Single by Lauren Spencer-Smith

from the album Mirror
- Released: April 14, 2022
- Length: 2:37
- Label: Three Name; Island; Republic;
- Songwriters: Lauren Spencer-Smith; Cian Ducrot;
- Producer: Cian Ducrot

Lauren Spencer-Smith singles chronology
| "Fingers Crossed" (2022) | "Flowers" (2022) | "Narcissist" (2022) |

Music video
- "Flowers" on YouTube

= Flowers (Lauren Spencer-Smith song) =

2022 single by Lauren Spencer-Smith

"Flowers" is a song by British-born Canadian singer-songwriter Lauren Spencer-Smith, released as a single on April 14, 2022. It was co-written and produced by Cian Ducrot. The song charted in various countries and is Spencer-Smith's second highest-charting song after "Fingers Crossed".

==Background==
"Flowers" is a follow-up to Lauren Spencer-Smith's breakthrough hit "Fingers Crossed". Spencer-Smith called the song a "contrast" from the "Fingers Crossed", saying that "'Fingers Crossed' was angry. 'Flowers' is sad." The inspiration of the title came from her realization that her previous relationship was unhealthy when her current boyfriend did nice things for her, such as buying flowers for her, which made her cry; before that she only received flowers as an apology. She also said of the song, "'Flowers' is about looking at a past experience and knowing I deserved more. I want people to be able to contemplate their own situations, and learn from them and heal if they need to. You aren't alone and it gets better."

==Composition==
The song is a "heartbreak ballad", consisting of "intimate" lyrics accompanied by soft piano.
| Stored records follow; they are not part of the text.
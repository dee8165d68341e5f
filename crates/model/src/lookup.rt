// Looking a task up by its priority.
ghost use Rattle.std.specs.Prelude.{◌≡◌};
ghost use Rattle.model.specs.Lookup.{rank as place, Finds};

use crate::kinds::Task;

// The place of the first task whose priority is not smaller, or past the last.
pub(crate) fn rank(tasks: &[Task], priority: u32) -> usize
    ensures { result ≡ place priority tasks.now }
{
    tasks
        .iter()
        .take_while(|task| task.priority < priority)
        .count()
}

// The place of a priority; nothing behind the first number that is not smaller is read.
// No binary search: it would ask for a list in order, and the promise covers any.
pub fn find(tasks: &[Task], priority: u32) -> Option<usize>
    ensures { Finds tasks.now priority result }
{
    let at = rank(tasks, priority);
    let task = tasks.get(at)?;
    (task.priority == priority).then_some(at)
}
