// A step table with the tasks and sections that are to run on it.
ghost use Rattle.model.specs.Held.{held};
ghost use Rattle.model.specs.System.{Keeps, system};

use crate::kinds::{MAX_SECTIONS, MAX_STEPS, MAX_TASKS, Section, Step, Task};
use crate::table::Table;

pub mod calls;
mod growth;
mod judges;

// Contracts say `of self.now`. An `impl Model` was tried: Copy is refused without an `inverse`, and `of` forgets the unused
// places of a table, so that none can give every field back.
#[derive(Clone, Copy)]
pub struct Roster {
    steps: Table<Step, MAX_STEPS>,
    switch: u32,
    tasks: Table<Task, MAX_TASKS>,
    sections: Table<Section, MAX_SECTIONS>,
    ghost keeps: { ∥ Keeps (system (held steps) switch (held tasks) (held sections)) ∥₁ },
}
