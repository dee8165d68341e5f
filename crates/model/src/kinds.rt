// The records of a roster as they are given: any number that the types hold, judged by the roster alone.
ghost use Rattle.std.specs.Prelude.{◌≡◌};
ghost use Rattle.model.specs.Rewrite.{rewritten};

pub const MAX_STEPS: usize = 8;

pub const MAX_TASKS: usize = 16;

pub const MAX_SECTIONS: usize = 32;

// A clock step: its clock in kHz, and the voltage it needs in centivolts.
#[derive(Clone, Copy, PartialEq, Eq, Default, Debug)]
pub struct Step {
    pub clock: u32,
    pub voltage: u32,
}

// A periodic task. Times are in microseconds, and a smaller priority number is more urgent.
#[derive(Clone, Copy, PartialEq, Eq, Default, Debug)]
pub struct Task {
    pub priority: u32,
    pub cycles: u32,
    pub period: u32,
    pub deadline: u32,
    // how late a release may be
    pub jitter: u32,
    // the slowest step allowed
    pub floor: Option<u32>,
}

// A stretch of a task that holds a resource; the owner is named by its priority.
#[derive(Clone, Copy, PartialEq, Eq, Default, Debug)]
pub struct Section {
    pub owner: u32,
    pub resource: u32,
    pub cycles: u32,
}

impl Task {
    // Takes over every number of `new` but the priority.
    pub fn rewrite(&mut self, new: Task)
        ensures { self.new ≡ rewritten new self.old }
    {
        *self = Task {
            priority: self.priority,
            ..new
        };
    }
}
Lyrically, Spencer-Smith details how she realized the toxic state of her last relationship upon transitioning to a healthy, new one.

==Guitar version==
On June 3, 2022, Spencer-Smith released a guitar version of the song.

==Charts==

Chart performance for "Flowers"
| Chart (2022) | Peak position |
|---|---|
| Australia (ARIA) | 26 |
| Canada (Canadian Hot 100) | 17 |
| Denmark (Tracklisten) | 38 |
| Global 200 (Billboard) | 37 |
| Ireland (IRMA) | 13 |
| Lebanon (Lebanese Top 20) | 15 |
| Netherlands (Single Top 100) | 69 |
| New Zealand (Recorded Music NZ) | 27 |
| Norway (VG-lista) | 11 |
| Portugal (AFP) | 66 |
| Sweden (Sverigetopplistan) | 48 |
| Switzerland (Schweizer Hitparade) | 94 |
| UK Singles (OCC) | 17 |
| US Billboard Hot 100 | 55 |
| US Pop Airplay (Billboard) | 28 |

==Certifications==

Certifications for "Flowers"
| Region | Certification | Certified units/sales |
| Australia (ARIA) | Platinum | 70,000^{‡} |
| Brazil (Pro-Música Brasil) | Gold | 20,000^{‡} |
| Canada (Music Canada) | Platinum | 80,000^{‡} |
| Denmark (IFPI Danmark) | Gold | 45,000^{‡} |
| New Zealand (RMNZ) | Platinum | 30,000^{‡} |
| United Kingdom (BPI) | Platinum | 600,000^{‡} |
| United States (RIAA) | 2× Platinum | 2,000,000^{‡} |
^{‡} Sales+streaming figures based on certification alone.